Controlled simulated image
Stripe / square / 3D sun pattern images
To be defined, but an image containing a set of known issues could also be considered.
A range of variants based on particle density and SNR.
To be defined, but possible densities include 0.1, 0.25, 0.5, 0.75, and 1 molecule/µm².
To be defined, but possible SNR values include 2, 4, 6, 8, and 10.
This results in 25 (5×5) combinations of the same simulated image.
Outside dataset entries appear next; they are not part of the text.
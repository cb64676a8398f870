// The boot image, document 01, section 5: the first refusal that applies to any bytes, and an image's header and entries. It only reads, and
// its cost is linear in the number of entries. Numbers of two bytes have the high byte first. Refusals 20 to 25 are tested in their order,
// each by a function of its own, which may rely on the tests before it. Refusal 26 comes last: an index from places to entries finds the
// entry that defines a source at once, and marks at places find a chain of sources that comes back, each place being passed once.
#![tactic(auto)]

ghost use Rattle.std.specs.Prelude.{◌≡◌, ◌+◌, ◌*◌, ◌/◌, ◌≤◌, ◌<◌, length, ltb, IfOk};
ghost use Rattle.std.specs.List.{list_all};
ghost use Rattle.rules.specs.Sizes.{all_slots};
ghost use Rattle.rules.specs.State.{objects as objects_of};
ghost use Rattle.rules.specs.Kind.{kind_number};
ghost use Rattle.rules.specs.Refusal.{status_of};
ghost use Rattle.rules.specs.Image.{byte as byte_at, two as two_at, header_bytes, entry_bytes, size_d, size_t, size_c, size_f, header_last, entries_at, entry_at, place_of, source_of, capability_given, all, right_sizes, right_length, right_turns, right_entry, table_of, rising, fitting, right_source, refusal_of_form, refusal_of};
ghost use Rattle.image.specs.Said.{said, Fetched, Headed, Whole};
ghost use Rattle.image.specs.Sources.{entries_of, given_by, Formed, unnumbered, Indexed, Linked, Marked, Climbed, NoReturn, tied, each_entry};

use rules::{
    BELLS, Capability, DOMAINS_MOST, ENTRIES_MOST, FRAMES_MOST, GRANT, Kind, MAILBOXES, READ,
    Refusal, SLOTS, TURNS_MOST, WRITE,
};

// The bytes of the header and of an entry.
pub const HEADER: usize = 8;

pub const ENTRY: usize = 12;

// The bytes of the longest image.
pub const IMAGE_MOST: usize = HEADER + TURNS_MOST as usize + ENTRY * ENTRIES_MOST as usize;

// The slots of all domains.
const ALL_SLOTS: usize = rules::ALL_SLOTS as usize;

// The source's domain where there is no source.
pub const NO_DOMAIN: u32 = 255;

// The number of byte i.
fn byte(image: &[u8], i: usize) -> u32
    requires { i < length image.now }
    ensures { (result ≡ byte_at image.now i) × (result < 256) }
{
    u32::from(image[i])
}

// The number of the two bytes at i, high byte first.
fn two(image: &[u8], i: usize) -> u32
    requires { i + 1 < length image.now }
    ensures { (result ≡ two_at image.now i) × (result < 65536) }
{
    byte(image, i) * 256 + byte(image, i + 1)
}

// What the header says: D, T, C and F.
#[derive(Clone, Copy, Debug, PartialEq, Eq)]
pub struct Header {
    pub domains: u32,
    pub turns: u32,
    pub entries: u32,
    pub frames: u32,
}

impl Header {
    // The header of bytes that are long enough for one.
    pub fn of(image: &[u8]) -> Header
        requires { header_bytes ≤ length image.now }
        ensures { Headed image.now result }
    {
        Header {
            domains: byte(image, 0),
            turns: byte(image, 1),
            entries: two(image, 2),
            frames: two(image, 4),
        }
    }

    // Where the entries begin.
    pub fn entries_at(self) -> usize
        requires { self.turns < 256 }
        ensures { (result ≡ entries_at self.turns) × (result ≡ header_bytes + (self.turns + 3) / 4 * 4) }
    {
        HEADER + (self.turns as usize + 3) / 4 * 4
    }
}

// Refusal 21: D is 1 to 16, T 1 to 64, C 0 to 1,024, F 1 to 256, and bytes 6 and 7 are 0.
fn sizes_right(image: &[u8], header: Header) -> bool
    requires long_enough { header_bytes ≤ length image.now }
    requires headed { Headed image.now header }
    ensures { result ≡ right_sizes image.now }
{
    ((1 <= header.domains) & (header.domains <= DOMAINS_MOST))
        & ((1 <= header.turns) & (header.turns <= TURNS_MOST))
        & (header.entries <= ENTRIES_MOST)
        & ((1 <= header.frames) & (header.frames <= FRAMES_MOST))
        & (two(image, 6) == 0)
}

// Refusal 22: the length is exactly what T and C give.
fn length_right(image: &[u8], header: Header) -> bool
    requires { Headed image.now header }
    ensures { result ≡ right_length image.now }
{
    image.len() == header.entries_at() + ENTRY * header.entries as usize
}

// Each byte is below limit.
fn below(bytes: &[u8], limit: u32) -> bool
    ensures { result ≡ list_all (λ x. ltb x limit) bytes.now }
{
    bytes.iter().all(|b| u32::from(*b) < limit)
}

// The fields of an entry, as numbers: any bytes may stand there.
#[derive(Clone, Copy, Debug, PartialEq, Eq)]
pub struct Fields {
    pub domain: u32,
    pub slot: u32,
    pub kind: u32,
    pub rights: u32,
    pub object: u32,
    pub badge: u32,
    pub source_domain: u32,
    pub source_slot: u32,
    pub last: u32,
}

impl Fields {
    // The place that it is for.
    pub fn place(self) -> u32
        requires { (self.domain < 256) × (self.slot < 256) }
        ensures { result ≡ place_of (said self) }
    {
        self.domain * SLOTS + self.slot
    }

    // Its source number: 0 for none, else the source's place + 1.
    pub fn source(self) -> u32
        requires { (self.source_domain < 256) × (self.source_slot < 256) }
        ensures { (result ≡ source_of (said self)) × (result ≤ 16576) }
    {
        if self.source_domain == NO_DOMAIN && self.source_slot == 0 {
            return 0;
        }
        self.source_domain * SLOTS + self.source_slot + 1
    }

    // Its capability.
    pub fn capability(self) -> Capability
        requires { (self.source_domain < 256) × (self.source_slot < 256) }
        ensures { (result ≡ capability_given (said self)) × (result.source ≤ 16576) }
    {
        Capability {
            kind: self.kind,
            rights: self.rights,
            object: self.object,
            badge: self.badge,
            source: self.source(),
        }
    }
}

// The entry whose first byte is byte at.
pub fn entry(image: &[u8], at: usize) -> Fields
    requires { at + 12 ≤ length image.now }
    ensures { Fetched image.now at result }
{
    Fields {
        domain: byte(image, at),
        slot: byte(image, at + 1),
        kind: byte(image, at + 2),
        rights: byte(image, at + 3),
        object: two(image, at + 4),
        badge: two(image, at + 6),
        source_domain: byte(image, at + 8),
        source_slot: byte(image, at + 9),
        last: two(image, at + 10),
    }
}

// The objects that there are of a kind, in an image with so many frames.
fn objects(frames: u32, kind: Kind) -> u32
    ensures { result ≡ objects_of frames (kind_number kind) }
{
    match kind {
        Kind::Frame => frames,
        Kind::Mailbox => MAILBOXES,
        Kind::Bell => BELLS,
    }
}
Report: A report will be generated during the execution of a test pipeline and directly integrated into the automatically generated online documentation. The following information will be collected:

Hardware configuration
Input file
Definition of variants (density, SNR, methods)
Localization accuracy
Simplified confusion matrix: number of molecules, false positives, and false negatives.
Total and detailed execution time
Maximum memory usage
Maximum number of CPU cores used

Different processes: When different processes lead to similar results, a comparative diagram of the two methods will be generated. A dedicated tool could be developed to generate plots and reports from multiple input reports.

Documentation

The documentation will be divided into several parts, generated dynamically or statically depending on the case. The different sections will include:

Overview (README or similar)
User guide to be written from the beginning of the process (installation and usage). This includes instructions for installing Python to accommodate users with varying levels of computer expertise.
License
Code documentation (API)
Several pages explaining different complex processes.
Results of continuous integration tests. One part may be static, presenting tests on different machines and configurations, while another part will depend on the CI system, requiring CI specifications to be reported.

Glossary

Development environment: In this context, the development environment refers to the programming languages, libraries, and operating systems used.
Programming language: A programming language is a means of writing source code before it is processed by a machine.
Library: In software development, a library is a collection of already developed functions (code) that can be reused.
DLL (Dynamic Link Library): A set of functions (code) stored in machine language and preloaded at program startup. The source code is not necessarily available.
Offline computation: A computation that takes a non-negligible amount of time to complete (i.e., not instantaneous).
Online computation: A computation performed in pseudo real-time, almost instantaneously and without noticeable waiting time for the user.
Versioning: Versioning makes it possible to keep track of all changes made to files, ensuring traceability and allowing easy switching between versions.
Continuous integration (CI): Continuous Integration is an automated routine used to verify that the code remains functional. This may involve compiling the program, running it, checking code quality, executing tests, analyzing the code, managing memory, and more. It can be triggered on every update, daily, weekly, or on demand.
ROI (Region Of Interest): A selected area of interest used to retrieve a set of pixels around a given point.